Shahrekord University of Medical Sciences (SKUMS) is a public medical university located in Shahrekord, the capital of Chaharmahal and Bakhtiari Province, Iran. The university is responsible for medical education, research, and the provision of healthcare services across the province through its affiliated hospitals and health networks.

==History==
Shahrekord University of Medical Sciences was established in 1986. It began its academic activities with two faculties and a limited number of academic programs and has gradually expanded its educational, research, and healthcare services across the province.

==Education==
As of 2025, Shahrekord University of Medical Sciences offers educational programs in medicine, dentistry, nursing, midwifery, health sciences, paramedical sciences and modern medical technologies.

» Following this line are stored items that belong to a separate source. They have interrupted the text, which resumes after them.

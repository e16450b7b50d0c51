//! Where aggregates may stand.

/// Whether aggregates may stand in an expression.
#[derive(Clone, Copy, Debug, PartialEq, Eq)]
pub enum Aggregates {
    /// In an item of the select list, outside of aggregates.
    Allowed,
    Refused,
}
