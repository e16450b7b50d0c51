//! What the parser sees in one token.

ghost use Rattle.std.specs.Prelude.{◌≡◌, IfOk};
ghost use Rattle.om_grammar.specs.Reading as spec;

use crate::aggregates::Aggregates;
use crate::cond_tree::CompareOp;
use crate::expr_tree::{Function, Numeral, Scale, Sign, Width};
use crate::lead::{Dotted, Lead, Negatable, Word};
use crate::tree::{Alias, Direction, Identifier, Key, Label};
use om_base::{Name, NoMemory};
use om_token::{Kind, Terminal, Token, unquoted};
use std::alloc::Global;

/// The offset of a token that is this reserved word or symbol.
pub fn offset(which: Terminal, token: &Token<'_>) -> Option<u32>
    ensures { result ≡ spec.offset_of which token.now }
{
    if is(which, &token.kind) {
        Some(token.at)
    } else {
        None
    }
}

/// Whether a token is this reserved word or symbol.
#[tactic(auto, unfolding(om_token::specs::Terminals::same))]
pub fn is(which: Terminal, kind: &Kind<'_>) -> bool
    ensures { result ≡ spec.is which kind.now }
{
    match kind {
        Kind::Terminal(other) => which == *other,
        _ => false,
    }
}

/// The sign that a token is, and its offset.
pub fn sign(token: &Token<'_>) -> Option<(u32, Sign)>
    ensures { result ≡ spec.sign_of token.now }
{
    match token.kind {
        Kind::Terminal(Terminal::Plus) => Some((token.at, Sign::Plus)),
        Kind::Terminal(Terminal::Minus) => Some((token.at, Sign::Minus)),
        _ => None,
    }
}

/// The operator of a product that a token is, and its offset.
pub fn scale(token: &Token<'_>) -> Option<(u32, Scale)>
    ensures { result ≡ spec.scale_of token.now }
{
    match token.kind {
        Kind::Terminal(Terminal::Star) => Some((token.at, Scale::Times)),
        Kind::Terminal(Terminal::Slash) => Some((token.at, Scale::Divide)),
        _ => None,
    }
}

/// The numeral that a token is.
pub fn numeral(token: &Token<'_>) -> Option<Numeral>
    ensures { result ≡ spec.numeral_of token.now }
{
    match token.kind {
        Kind::Numeral(value) => Some(Numeral {
            at: token.at,
            value,
        }),
        _ => None,
    }
}

/// The regular identifier that a token is.
pub fn label<'a>(token: &Token<'a>) -> Option<Label<'a>>
    ensures { result ≡ spec.label_of token.now }
{
    match &token.kind {
        Kind::Regular(name) => Some(Label {
            at: token.at,
            name: Name::of(name.bytes()),
        }),
        _ => None,
    }
}

/// The identifier that a token is.
pub fn alias<'a>(alloc: Global, token: &Token<'a>) -> Result<Option<Alias<'a>>, NoMemory>
    ensures { IfOk result (λ it. it ≡ spec.alias_of token.now) }
{
    let at = token.at;
    match &token.kind {
        Kind::Regular(name) => Ok(Some(Alias {
            at,
            name: Identifier::Regular(Name::of(name.bytes())),
        })),
        Kind::Delimited(inside) => {
            let name = unquoted(alloc, b'"', inside.bytes())?;
            Ok(Some(Alias {
                at,
                name: Identifier::Delimited(name),
            }))
        }
        _ => Ok(None),
    }
}

/// What a token is that rows are sorted by, and its offset.
pub fn key<'a>(alloc: Global, token: &Token<'a>) -> Result<Option<(u32, Key<'a>)>, NoMemory>
    ensures { IfOk result (λ it. it ≡ spec.key_of token.now) }
{
    let at = token.at;
    match &token.kind {
        Kind::Numeral(value) => Ok(Some((at, Key::Position(*value)))),
        Kind::Regular(name) => {
            let name = Identifier::Regular(Name::of(name.bytes()));
            Ok(Some((at, Key::Named(name))))
        }
        Kind::Delimited(inside) => {
            let name = unquoted(alloc, b'"', inside.bytes())?;
            Ok(Some((at, Key::Named(Identifier::Delimited(name)))))
        }
        _ => Ok(None),
    }
}

/// What a reserved word or a symbol begins, where aggregates are refused.
fn lead_word<'a>(at: u32, which: Terminal) -> Option<Lead<'a>>
    ensures { result ≡ spec.lead_word at which }
{
    match which {
        Terminal::Null => Some(Lead::Null { at }),
        Terminal::LeftParen => Some(Lead::Paren),
        Terminal::Signed => Some(Lead::Signed { at }),
        Terminal::Bits => Some(Lead::Bits { at }),
        Terminal::Mem8 => Some(Lead::Memory {
            at,
            width: Width::Byte,
        }),
        Terminal::Mem16 => Some(Lead::Memory {
            at,
            width: Width::Half,
        }),
        Terminal::Mem32 => Some(Lead::Memory {
            at,
            width: Width::Word,
        }),
        _ => None,
    }
}

/// What a reserved word or a symbol begins, where aggregates are allowed.
fn lead_aggregate<'a>(at: u32, which: Terminal) -> Option<Lead<'a>>
    ensures { result ≡ spec.lead_aggregate at which }
{
    match which {
        Terminal::Count => Some(Lead::Count { at }),
        Terminal::Min => Some(Lead::Extreme {
            at,
            function: Function::Min,
        }),
        Terminal::Max => Some(Lead::Extreme {
            at,
            function: Function::Max,
        }),
        _ => lead_word(at, which),
    }
}

/// What a reserved word or a symbol begins.
fn lead_terminal<'a>(aggregates: Aggregates, at: u32, which: Terminal) -> Option<Lead<'a>>
    ensures { result ≡ spec.lead_terminal aggregates at which }
{
    match aggregates {
        Aggregates::Allowed => lead_aggregate(at, which),
        Aggregates::Refused => lead_word(at, which),
    }
}

/// What a token begins of a primary.
pub fn lead<'a>(aggregates: Aggregates, token: &Token<'a>) -> Option<Lead<'a>>
    ensures { result ≡ spec.lead_of aggregates token.now }
{
    let at = token.at;
    match &token.kind {
        Kind::Terminal(which) => lead_terminal(aggregates, at, *which),
        Kind::Regular(name) => Some(Lead::Regular {
            at,
            name: Name::of(name.bytes()),
        }),
        Kind::Delimited(inside) => Some(Lead::Delimited {
            at,
            inside: Name::of(inside.bytes()),
        }),
        Kind::Numeral(value) => Some(Lead::Numeral(Numeral { at, value: *value })),
        Kind::Text(inside) => Some(Lead::Text {
            at,
            inside: Name::of(inside.bytes()),
        }),
    }
}

/// What a token is behind a range variable and its point.
pub fn dotted<'a>(token: &Token<'a>) -> Option<Dotted<'a>>
    ensures { result ≡ spec.dotted_of token.now }
{
    let at = token.at;
    match &token.kind {
        Kind::Regular(name) => Some(Dotted::Regular {
            at,
            name: Name::of(name.bytes()),
        }),
        Kind::Delimited(inside) => Some(Dotted::Delimited {
            at,
            inside: Name::of(inside.bytes()),
        }),
        Kind::Terminal(Terminal::Mem8) => Some(Dotted::Memory {
            at,
            width: Width::Byte,
        }),
        Kind::Terminal(Terminal::Mem16) => Some(Dotted::Memory {
            at,
            width: Width::Half,
        }),
        Kind::Terminal(Terminal::Mem32) => Some(Dotted::Memory {
            at,
            width: Width::Word,
        }),
        _ => None,
    }
}

/// What a token makes of the expression before it.
pub fn word(token: &Token<'_>) -> Option<Word>
    ensures { result ≡ spec.word_of token.now }
{
    let at = token.at;
    let Kind::Terminal(which) = token.kind else {
        return None;
    };
    match which {
        Terminal::Equal => Some(Word::Compare {
            at,
            op: CompareOp::Equal,
        }),
        Terminal::NotEqual => Some(Word::Compare {
            at,
            op: CompareOp::NotEqual,
        }),
        Terminal::Less => Some(Word::Compare {
            at,
            op: CompareOp::Less,
        }),
        Terminal::LessOrEqual => Some(Word::Compare {
            at,
            op: CompareOp::LessOrEqual,
        }),
        Terminal::Greater => Some(Word::Compare {
            at,
            op: CompareOp::Greater,
        }),
        Terminal::GreaterOrEqual => Some(Word::Compare {
            at,
            op: CompareOp::GreaterOrEqual,
        }),
        Terminal::Not => Some(Word::Not),
        Terminal::Between => Some(Word::Between { at }),
        Terminal::In => Some(Word::In { at }),
        Terminal::Is => Some(Word::Is { at }),
        _ => None,
    }
}

/// What a token makes of the expression and the NOT before it.
pub fn negatable(token: &Token<'_>) -> Option<Negatable>
    ensures { result ≡ spec.negatable_of token.now }
{
    match token.kind {
        Kind::Terminal(Terminal::Between) => Some(Negatable::Between { at: token.at }),
        Kind::Terminal(Terminal::In) => Some(Negatable::In { at: token.at }),
        _ => None,
    }
}

/// The direction that a token is.
pub fn direction(token: &Token<'_>) -> Option<Direction>
    ensures { result ≡ spec.direction_of token.now }
{
    match token.kind {
        Kind::Terminal(Terminal::Asc) => Some(Direction::Ascending),
        Kind::Terminal(Terminal::Desc) => Some(Direction::Descending),
        _ => None,
    }
}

The university has approximately 3,913 students enrolled in 37 academic disciplines across 51 degree programs and eight educational levels, including professional doctorate, Ph.D., research doctorate, master's degree, bachelor's degree and associate degree programs.

The university employs 311 academic staff members, including professors, associate professors, assistant professors and instructors. Since its establishment, more than 12,400 students have graduated from the university, with a significant proportion continuing their education in higher academic programs.

Educational facilities include classrooms, teaching laboratories, simulation and clinical training centers, specialized libraries, educational hospitals, research laboratories and modern learning technologies supporting undergraduate and postgraduate education.

== Schools ==
The university consists of seven schools:

- School of Medicine
- School of Dentistry
- School of Nursing and Midwifery
- School of Health
- School of Paramedical Sciences
- School of Modern Medical Technologies
- Borujen School of Medical Sciences

==Research==
Research is one of the major academic activities of Shahrekord University of Medical Sciences. The university has been recognized as one of Iran's leading medical universities in research among institutions of similar size.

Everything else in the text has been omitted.